ASSIGNMENT:
Nothing in the data should be altered when it is repeated in full.

═════ MATERIAL SHOWN ═════

// Calls the state of this name, which is one of autolink literals, or else of HTML.
fn dispatch_literals(name: StateName, tokenizer: &mut Tokenizer) -> Result<State, AllocError>
    requires family { IsTrue (is_from_literals name) }
    requires ready { ready_of name tokenizer.old }
    ensures ok { IfOk result (λ s. step_of name tokenizer.old ≡ record { state = s; left = tokenizer.new }) }
    ensures err { OnErr result (IsTrue tokenizer.new.failed) }
{
    match name {
        StateName::GfmAutolinkLiteralProtocolStart => gfm_autolink_literal::protocol_start(
            tokenizer,
        ),
        StateName::GfmAutolinkLiteralProtocolAfter => gfm_autolink_literal::protocol_after(
            tokenizer,
        ),
        StateName::GfmAutolinkLiteralProtocolPrefixInside =>
            gfm_autolink_literal::protocol_prefix_inside(tokenizer),
        StateName::GfmAutolinkLiteralProtocolSlashesInside =>
            gfm_autolink_literal::protocol_slashes_inside(tokenizer),
        StateName::GfmAutolinkLiteralWwwStart => gfm_autolink_literal::www_start(tokenizer),
        StateName::GfmAutolinkLiteralWwwPrefixInside => gfm_autolink_literal::www_prefix_inside(
            tokenizer,
        ),
        StateName::GfmAutolinkLiteralWwwPrefixAfter => gfm_autolink_literal::www_prefix_after(
            tokenizer,
        ),
        StateName::GfmAutolinkLiteralWwwAfter => gfm_autolink_literal::www_after(tokenizer),
        StateName::GfmAutolinkLiteralDomainInside => gfm_autolink_literal::domain_inside(tokenizer),
        StateName::GfmAutolinkLiteralDomainAtPunctuation =>
            gfm_autolink_literal::domain_at_punctuation(tokenizer),
        StateName::GfmAutolinkLiteralDomainAfter => gfm_autolink_literal::domain_after(tokenizer),
        StateName::GfmAutolinkLiteralPathInside => gfm_autolink_literal::path_inside(tokenizer),
        StateName::GfmAutolinkLiteralPathAtPunctuation => gfm_autolink_literal::path_at_punctuation(
            tokenizer,
        ),
        StateName::GfmAutolinkLiteralPathAfter => gfm_autolink_literal::path_after(tokenizer),
        StateName::GfmAutolinkLiteralTrail => gfm_autolink_literal::trail(tokenizer),
        StateName::GfmAutolinkLiteralTrailBracketAfter => gfm_autolink_literal::trail_bracket_after(
            tokenizer,
        ),
        StateName::GfmAutolinkLiteralTrailCharRefStart =>
            gfm_autolink_literal::trail_char_ref_start(tokenizer),
        StateName::GfmAutolinkLiteralTrailCharRefInside =>
            gfm_autolink_literal::trail_char_ref_inside(tokenizer),
        _ => dispatch_html(name, tokenizer),
    }
}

═════

ANSWER TO THIS EXERCISE:
// Calls the state of this name, which is one of autolink literals, or else of HTML.
fn dispatch_literals(name: StateName, tokenizer: &mut Tokenizer) -> Result<State, AllocError>
    requires family { IsTrue (is_from_literals name) }
    requires ready { ready_of name tokenizer.old }
    ensures ok { IfOk result (λ s. step_of name tokenizer.old ≡ record { state = s; left = tokenizer.new }) }
    ensures err { OnErr result (IsTrue tokenizer.new.failed) }
{
    match name {
        StateName::GfmAutolinkLiteralProtocolStart => gfm_autolink_literal::protocol_start(
            tokenizer,
        ),
        StateName::GfmAutolinkLiteralProtocolAfter => gfm_autolink_literal::protocol_after(
            tokenizer,
        ),
        StateName::GfmAutolinkLiteralProtocolPrefixInside =>
            gfm_autolink_literal::protocol_prefix_inside(tokenizer),
        StateName::GfmAutolinkLiteralProtocolSlashesInside =>
            gfm_autolink_literal::protocol_slashes_inside(tokenizer),
        StateName::GfmAutolinkLiteralWwwStart => gfm_autolink_literal::www_start(tokenizer),
        StateName::GfmAutolinkLiteralWwwPrefixInside => gfm_autolink_literal::www_prefix_inside(
            tokenizer,
        ),
        StateName::GfmAutolinkLiteralWwwPrefixAfter => gfm_autolink_literal::www_prefix_after(
            tokenizer,
        ),
        StateName::GfmAutolinkLiteralWwwAfter => gfm_autolink_literal::www_after(tokenizer),
        StateName::GfmAutolinkLiteralDomainInside => gfm_autolink_literal::domain_inside(tokenizer),
        StateName::GfmAutolinkLiteralDomainAtPunctuation =>
            gfm_autolink_literal::domain_at_punctuation(tokenizer),
        StateName::GfmAutolinkLiteralDomainAfter => gfm_autolink_literal::domain_after(tokenizer),
        StateName::GfmAutolinkLiteralPathInside => gfm_autolink_literal::path_inside(tokenizer),
        StateName::GfmAutolinkLiteralPathAtPunctuation => gfm_autolink_literal::path_at_punctuation(
            tokenizer,
        ),
        StateName::GfmAutolinkLiteralPathAfter => gfm_autolink_literal::path_after(tokenizer),
        StateName::GfmAutolinkLiteralTrail => gfm_autolink_literal::trail(tokenizer),
        StateName::GfmAutolinkLiteralTrailBracketAfter => gfm_autolink_literal::trail_bracket_after(
            tokenizer,
        ),
        StateName::GfmAutolinkLiteralTrailCharRefStart =>
            gfm_autolink_literal::trail_char_ref_start(tokenizer),
        StateName::GfmAutolinkLiteralTrailCharRefInside =>
            gfm_autolink_literal::trail_char_ref_inside(tokenizer),
        _ => dispatch_html(name, tokenizer),
    }
}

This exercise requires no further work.